Question

How do you solve $\left( {3x - 4} \right)\left( {3x - 5} \right)$?

Answer 1

Hint: We have multiplication of two polynomials that are $\left( {3x - 4} \right)$ and $\left( {3x - 5} \right)$. Both the polynomials have degree one and have two terms each. Hence, both polynomials are called binomials and linear polynomials. To multiply polynomials, first multiply each term in one polynomial by each term in the other polynomial using distributive law. Then, simplify the resulting polynomial by adding or subtracting the like terms.
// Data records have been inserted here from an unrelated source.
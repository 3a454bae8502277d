//! The audit of a book by a log.

ghost use Rattle.cr_audit.specs.Audits.{Audits};

use crate::booking::judge_book;
use crate::fault::AuditFault;
use crate::walk::walk_log;
use cr_model::Problem;
use std::alloc::Global;

/// How many touches the book has, where it is the text of what the log proves. Else the first line with a fault, and, where
/// the log passes, the first byte at which the book differs; or want of memory.
///
/// The log is gone through once. Each line is judged by the rows of its node, which are kept from line to line, so that a
/// line costs its lead. Whether a touch is kept is asked of open nodes that come home alone.
pub fn audit(alloc: Global, problem: &Problem, book: &[u8], log: &[u8]) -> Result<u64, AuditFault>
    ensures { Audits problem.now book.now log.now result }
{
    match walk_log(alloc, problem, log) {
        Ok(touches) => judge_book(alloc, problem, book, &touches),
        Err(fault) => Err(fault),
    }
}
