//! The end of a FIB: the end marker, zeros and the CRC (EN 300 401 clause 5.2.1).

ghost use Rattle.std.specs.Prelude.{◌≡◌, ◌+◌, ◌≤◌, ◌++◌, length, take, drop};
ghost use Rattle.fib_codec.specs.Spelling.{filled, checked};

use byteorder::{BigEndian, ByteOrder};
use fib_codec::crc16;

/// Overwrites the bytes from an offset on with these.
pub(crate) fn write_at(fib: &mut [u8], offset: usize, bytes: &[u8])
    requires { offset + length bytes.now ≤ length fib.old }
    ensures { fib.new ≡ take offset fib.old
        ++ (bytes.now ++ drop (offset + length bytes.now) fib.old) }
{
    fib[offset..offset + bytes.len()].copy_from_slice(bytes);
}

/// Ends a FIB after this many data bytes: with the end marker and zeros if there is room for them,
/// and the CRC.
pub(crate) fn end_fib(fib: &mut [u8], used: usize)
    requires whole { length fib.old ≡ 32 }
    requires within { used ≤ 30 }
    ensures { fib.new ≡ checked (filled (take used fib.old)) }
{
    pad(fib, used);
    seal(fib);
}

/// Pads the data bytes of a FIB to thirty: with the end marker and zeros.
fn pad(fib: &mut [u8], used: usize)
    requires whole { length fib.old ≡ 32 }
    requires within { used ≤ 30 }
    ensures data { take 30 fib.new ≡ filled (take used fib.old) }
    ensures whole { length fib.new ≡ 32 }
{
    let mut padding = [0; 30];
    padding[0] = 0xff;
    write_at(fib, used, &padding[..30 - used]);
}

/// Writes the CRC of the first thirty bytes of a FIB after them.
fn seal(fib: &mut [u8])
    requires { length fib.old ≡ 32 }
    ensures { fib.new ≡ checked (take 30 fib.old) }
{
    let crc = crc16(&fib[..30]);
    BigEndian::write_u16(&mut fib[30..], crc);
}
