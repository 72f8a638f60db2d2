//! Merges the other FIGs of a multiplexer into the FIBs of a plan (EN 300 401 clauses 5.2.1 and
//! 5.2.2).
//!
//! A [`Merger`] takes FIGs from the multiplexer's FIBs, all but those that a plan sends itself, and
//! appends them to FIBs of the plan that have room. A listener, and the checker of streams, know of
//! a filled FIB what they know of the plan's.
//!
//! The definitions that contracts cite are in `specs/`: `Taking` says which FIGs are taken and how
//! they wait, `Filling` which of them go into a FIB.
#![tactic(auto)]

pub mod laws;
pub mod merger;
mod queue;
mod sealing;
mod stored_fig;

pub use merger::Merger;
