//! A FIG that waits, with its bytes.

ghost use Rattle.std.specs.Prelude.{◌≡◌, ◌≤◌, length};
ghost use Rattle.std.specs.Str.{bytes_eq};

use std::marker::Model;

/// The most bytes of a FIG: the data bytes of a FIB (EN 300 401 clause 5.2.1).
pub(crate) const LONGEST: usize = 30;

/// A FIG with its bytes, at most 30. Contracts see these bytes.
#[derive(Drop)]
pub(crate) struct StoredFig {
    bytes: [u8; LONGEST],
    len: usize,
}

impl Model for StoredFig {
    ghost use Rattle.std.specs.Prelude.{List, ℕ, take};
    ghost use Rattle.fig_merge.specs.Stored.{IsStored};

    ghost Value = { List ℕ };

    ghost view = { λ f. take f.len f.bytes };

    ghost invariant = { λ f. IsStored f.len f.bytes };
}

impl StoredFig {
    /// A copy of a FIG.
    pub(crate) fn of(fig: &[u8]) -> StoredFig
        requires { length fig.now ≤ 30 }
        ensures { result ≡ fig.now }
    {
        let mut bytes = [0; LONGEST];
        bytes[..fig.len()].copy_from_slice(fig);
        StoredFig {
            bytes,
            len: fig.len(),
        }
    }

    /// The number of its bytes.
    pub(crate) fn len(&self) -> usize
        ensures value { result ≡ length self.now }
        ensures bound { result ≤ 30 }
    {
        self.len
    }

    /// Its bytes.
    pub(crate) fn as_slice(&self) -> &[u8]
        ensures value { result.now ≡ self.now }
        ensures bound { length result.now ≤ 30 }
    {
        &self.bytes[..self.len]
    }

    /// Whether these are its bytes.
    pub(crate) fn is(&self, fig: &[u8]) -> bool
        ensures { result ≡ bytes_eq fig.now self.now }
    {
        fig == self.as_slice()
    }
}

impl Default for StoredFig {
    /// No bytes. It fills the unused slots of a queue.
    fn default() -> StoredFig {
        StoredFig {
            bytes: [0; LONGEST],
            len: 0,
        }
    }
}
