//! The FIGs that wait to be carried.

ghost use Rattle.std.specs.Prelude.{◌≡◌};

use crate::sealing::write_at;
use crate::stored_fig::StoredFig;
use arrayvec::ArrayVec;
use fib_reader::Picture;
use fig_mentions::agrees;
use std::marker::Model;

/// The most FIGs that wait.
const MOST: usize = 256;

/// At most 256 FIGs, the one that has waited longest first. Contracts see the list of their bytes.
#[derive(Drop)]
pub(crate) struct Queue {
    figs: ArrayVec<StoredFig, MOST>,
}

impl Model for Queue {
    ghost use Rattle.std.specs.Prelude.{List, ℕ};

    ghost Value = { List (List ℕ) };

    ghost view = { λ q. q.figs.items };
}

/// What was carried in a FIB.
#[derive(Clone, Copy)]
pub(crate) struct Carried {
    /// The number of data bytes of the FIB, with those of the FIGs that are carried.
    pub(crate) used: usize,
    /// The number of FIGs that are carried.
    pub(crate) figs: u64,
    /// The number of FIGs whose turn came, and that do not agree.
    pub(crate) stale: u64,
}

impl Queue {
    ghost use Rattle.std.specs.Prelude.{◌≡◌, ◌-◌, ◌<◌, ◌≤◌, ◌++◌, ◌∷◌, [], true, false, length};
    ghost use Rattle.std.specs.Prelude.{take};
    ghost use Rattle.std.specs.List.{concat};
    ghost use Rattle.fig_merge.specs.Taking.{most, waits};
    ghost use Rattle.fig_mentions.specs.Agreeing.{fig_agrees};
    ghost use Rattle.fig_merge.specs.Filling.{carried_in, left_waiting, stale_in};

    /// No FIG.
    pub(crate) fn new() -> Queue
        ensures { result ≡ [] }
    {
        Queue {
            figs: ArrayVec::new(),
        }
    }

    /// The number of FIGs.
    pub(crate) fn len(&self) -> usize
        ensures value { result ≡ length self.now }
        ensures bound { result ≤ most }
    {
        self.figs.len()
    }

    /// Whether 256 FIGs wait.
    pub(crate) fn is_full(&self) -> bool
        ensures full { result ≡ true → length self.now ≡ most }
        ensures room { result ≡ false → length self.now < most }
    {
        self.figs.is_full()
    }

    /// Whether a FIG with these bytes waits.
    pub(crate) fn has(&self, fig: &[u8]) -> bool
        ensures { result ≡ waits fig.now self.now }
    {
        for waiting in self.figs.as_slice() {
            if waiting.is(fig) {
                return true;
            }
        }
        false
    }

    /// Appends a FIG.
    pub(crate) fn push(&mut self, fig: &[u8])
        requires fits { length fig.now ≤ 30 }
        requires room { length self.old < most }
        ensures { self.new ≡ self.old ++ fig.now ∷ [] }
    {
        self.figs.push(StoredFig::of(fig));
    }

    /// Moves FIGs into a FIB, behind its first `front` data bytes: from the one that has waited
    /// longest on, each that fits into what is left of the thirty data bytes, and agrees with a
    /// configuration. One that fits and does not agree is let go.
    pub(crate) fn carry(&mut self, fib: &mut [u8], front: usize, current: &Picture) -> Carried
        requires whole { length fib.old ≡ 32 }
        requires within { front ≤ 30 }
        ensures data { take result.used fib.new ≡ take front fib.old
            ++ concat (carried_in (fig_agrees current.now) (30 - front) self.old) }
        ensures whole { length fib.new ≡ 32 }
        ensures within { result.used ≤ 30 }
        ensures left { self.new ≡ left_waiting (fig_agrees current.now) (30 - front) self.old }
        ensures count { result.figs
            ≡ length (carried_in (fig_agrees current.now) (30 - front) self.old) }
        ensures stale { result.stale
            ≡ length (stale_in (fig_agrees current.now) (30 - front) self.old) }
    {
        let mut used = front;
        let mut figs = 0;
        let mut stale = 0;
        let mut at = 0;
        for _ in 0..self.figs.len() {
            if self.figs[at].len() > 30 - used {
                at += 1;
            } else {
                let fig = self.figs.remove(at);
                if agrees(fig.as_slice(), current) {
                    write_at(fib, used, fig.as_slice());
                    used += fig.len();
                    figs += 1;
                } else {
                    stale += 1;
                }
            }
        }
        Carried { used, figs, stale }
    }
}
Complete step-by-step answer:
Given, $\left( {3x - 4} \right)\left( {3x - 5} \right)$.
In the first polynomial, we have two terms and in the second polynomial also we have two terms. Multiply the first term of a polynomial with second polynomial and then the second term with second polynomial, we have,
$ \Rightarrow 3x\left( {3x - 5} \right) - 4\left( {3x - 5} \right)$
Opening the brackets and multiplying, we have,
$ \Rightarrow 9{x^2} - 15x - 12x + 20$
Adding the like terms, we have,
$ \Rightarrow 9{x^2} - 27x + 20$
Thus we have, $\left( {3x - 4} \right)\left( {3x - 5} \right) = 9{x^2} - 27x + 20$.
So, the correct answer is “$ 9{x^2} - 27x + 20$”.

Note: The degree of a polynomial is the highest of the degrees of the individual term with non-zero coefficients. We have different types of polynomials based on their degree such as constant polynomial, linear polynomial, quadratic polynomial, cubic polynomial, and quartic polynomial.